Add a "drop_similar" argument to the TableVectorizer
It would be great to make it really easy drop the redundant columns in the TableVectorizer (Using the DropSimilar transformer inside the TableVectorizer), by a simple additional argument.
This would have improvements both is speed/memory and maybe in statistical performance.
I realize that it makes the TableVectorizer even more a swiss-army knife than it currently is, but honestly, it's sooo useful and we use it everywhere, even as an element in complex pipelines.
@GaelVaroquaux is this up for grabs? If yes, I'd like to contribute! :) I have experience with skrub, but this will be my first time contributing to the project itself, so I may ping you in this issue thread itself if I hit any roadblocks. Thanks!
@GaelVaroquaux does this change look good? Tests are passing although I can see UserWarning warnings.
Hi @Neilblaze ,
This is still up for grabs, and the change that you suggest are totally going in the right direction.
However, unless I am wrong, we don't have the DropSimilar transformer yet. It is issue #1001 , the parent issue. That issue would need to be tackled first, and I suggest that we go through the whole process of tackling it and merging it before moving on with this one. Understanding the process will then make you more productive.
Thanks!!
@GaelVaroquaux Makes sense and thanks for the update! I'll keep track of #1001 for now, and hopefully when it gets merged into the main, we can continue with this.
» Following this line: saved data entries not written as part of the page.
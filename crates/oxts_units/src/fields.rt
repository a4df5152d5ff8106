// The fields of status channels by name and unit, in the order of channels and fields. A field that only one format has is here too.
// They stand apart from the table of layouts since the gateway's libraries hold no text; a test holds both tables against each other.
use crate::measure::{MILLISECONDS, Scale, Unit};

// Channel, field, name and unit. They go by place: a row is a line, which names would spread over six.
#[derive(Clone, Copy)]
pub struct FieldText(pub u8, pub u8, pub &'static str, pub Unit);

// A number without a unit.
const COUNT: Unit = Unit("-", Scale::Steps(1, 0));

const CODE: Unit = Unit("code", Scale::Steps(1, 0));

const TEXT: Unit = Unit("ascii", Scale::Steps(1, 0));

const MINUTES: Unit = Unit("min", Scale::Steps(1, 0));

const SECONDS: Unit = Unit("s", Scale::Steps(1, 0));

const TENTH_SECONDS: Unit = Unit("s", Scale::Steps(1, 1));

const HUNDREDTH_SECONDS: Unit = Unit("s", Scale::Steps(1, 2));

const ANGLE: Unit = Unit("rad", Scale::Steps(1, 4));

const MILLIMETRES: Unit = Unit("m", Scale::Steps(1, 3));

const FIVE_MILLIMETRES: Unit = Unit("m", Scale::Steps(5, 3));

const TENTH_MILLIMETRES: Unit = Unit("m", Scale::Steps(1, 4));

const KIBIBYTES: Unit = Unit("B", Scale::Steps(1024, 0));

const PULSES: Unit = Unit("1/m", Scale::Steps(1, 1));

// Steps of 0.002 %.
const PROPORTION: Unit = Unit("-", Scale::Steps(2, 5));

const TENTHS: Unit = Unit("-", Scale::Steps(1, 1));

static FIELDS: [FieldText; 77] = [
    FieldText(0, 0, "gps_minutes", MINUTES),
    FieldText(0, 1, "satellites", COUNT),
    FieldText(0, 2, "position_mode", CODE),
    FieldText(0, 3, "velocity_mode", CODE),
    FieldText(0, 4, "orientation_mode", CODE),
    FieldText(13, 0, "antenna_heading", ANGLE),
    FieldText(13, 1, "antenna_pitch", ANGLE),
    FieldText(13, 2, "antenna_distance", MILLIMETRES),
    FieldText(13, 3, "antenna_age", COUNT),
    FieldText(13, 4, "heading_gps_available", COUNT),
    FieldText(13, 5, "heading_gps_used", COUNT),
    FieldText(14, 0, "primary_antenna_accuracy_x", TENTH_MILLIMETRES),
    FieldText(14, 1, "primary_antenna_accuracy_y", TENTH_MILLIMETRES),
    FieldText(14, 2, "primary_antenna_accuracy_z", TENTH_MILLIMETRES),
    FieldText(14, 3, "primary_antenna_age", COUNT),
    FieldText(14, 4, "position_gps_used", COUNT),
    FieldText(14, 5, "position_glonass_used", COUNT),
    FieldText(15, 0, "antenna_heading_accuracy", ANGLE),
    FieldText(15, 1, "antenna_pitch_accuracy", ANGLE),
    FieldText(15, 2, "antenna_distance_accuracy", MILLIMETRES),
    FieldText(15, 3, "antenna_accuracy_age", COUNT),
    FieldText(15, 4, "heading_glonass_available", COUNT),
    FieldText(15, 5, "heading_glonass_used", COUNT),
    FieldText(16, 0, "vehicle_heading", ANGLE),
    FieldText(16, 1, "vehicle_pitch", ANGLE),
    FieldText(16, 2, "vehicle_roll", ANGLE),
    FieldText(16, 3, "vehicle_validity", CODE),
    FieldText(16, 4, "utc_offset", SECONDS),
    FieldText(17, 0, "secondary_characters", COUNT),
    FieldText(17, 1, "secondary_packets", COUNT),
    FieldText(17, 2, "secondary_characters_not_understood", COUNT),
    FieldText(17, 3, "secondary_packets_not_used", COUNT),
    FieldText(18, 0, "sensor_characters", COUNT),
    FieldText(18, 1, "sensor_packets", COUNT),
    FieldText(18, 2, "sensor_characters_not_understood", COUNT),
    FieldText(19, 0, "software_version_0", TEXT),
    FieldText(19, 1, "software_version_1", TEXT),
    FieldText(19, 2, "software_version_2", TEXT),
    FieldText(19, 3, "software_version_3", TEXT),
    FieldText(19, 4, "software_version_4", TEXT),
    FieldText(19, 5, "software_version_5", TEXT),
    FieldText(19, 6, "software_version_6", TEXT),
    FieldText(19, 7, "software_version_7", TEXT),
    FieldText(20, 0, "correction_age", HUNDREDTH_SECONDS),
    FieldText(20, 1, "base_station_0", TEXT),
    FieldText(20, 2, "base_station_1", TEXT),
    FieldText(20, 3, "base_station_2", TEXT),
    FieldText(20, 4, "base_station_3", TEXT),
    FieldText(21, 0, "disk_space_left", KIBIBYTES),
    FieldText(21, 1, "log_file_size", KIBIBYTES),
    FieldText(40, 0, "encoder_version", COUNT),
    FieldText(41, 0, "serial_port_1", CODE),
    FieldText(41, 1, "serial_port_2", CODE),
    FieldText(41, 2, "serial_port_3", CODE),
    FieldText(41, 3, "can_bus", CODE),
    FieldText(41, 4, "ip_address_0", COUNT),
    FieldText(41, 5, "ip_address_1", COUNT),
    FieldText(41, 6, "ip_address_2", COUNT),
    FieldText(41, 7, "ip_address_3", COUNT),
    FieldText(44, 0, "wheel_speed_scale", PULSES),
    FieldText(44, 1, "wheel_speed_scale_accuracy", PROPORTION),
    FieldText(45, 0, "wheel_pulses", COUNT),
    FieldText(45, 1, "wheel_pulse_time", MILLISECONDS),
    FieldText(45, 2, "wheel_pulse_age", TENTH_SECONDS),
    FieldText(46, 0, "wheel_distance_x", MILLIMETRES),
    FieldText(46, 1, "wheel_distance_y", MILLIMETRES),
    FieldText(46, 2, "wheel_distance_z", MILLIMETRES),
    FieldText(46, 3, "wheel_distance_validity", CODE),
    FieldText(47, 0, "wheel_distance_accuracy_x", TENTH_MILLIMETRES),
    FieldText(47, 1, "wheel_distance_accuracy_y", TENTH_MILLIMETRES),
    FieldText(47, 2, "wheel_distance_accuracy_z", TENTH_MILLIMETRES),
    FieldText(47, 3, "wheel_distance_accuracy_validity", CODE),
    FieldText(48, 0, "undulation", FIVE_MILLIMETRES),
    FieldText(48, 1, "horizontal_dilution", TENTHS),
    FieldText(48, 2, "position_dilution", TENTHS),
    FieldText(48, 3, "ellipsoid", CODE),
    FieldText(48, 4, "earth_frame", CODE),
];

// The table of all fields.
pub fn field_texts() -> &'static [FieldText] {
    &FIELDS
}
There is no PR for #1001 for now. I'm not sure when we'll get it done. We'd love to, but we're shuffling so many things 😁
Yep, I saw that. So for the meantime, I'll try to grab some other open issues. Will ping here/on discord if I get stuck anywhere, and thanks! 😃
Now that skrub has the DropUninformative transformer, this argument should be implmented there, rather than as a parameter of the TableVectorizer.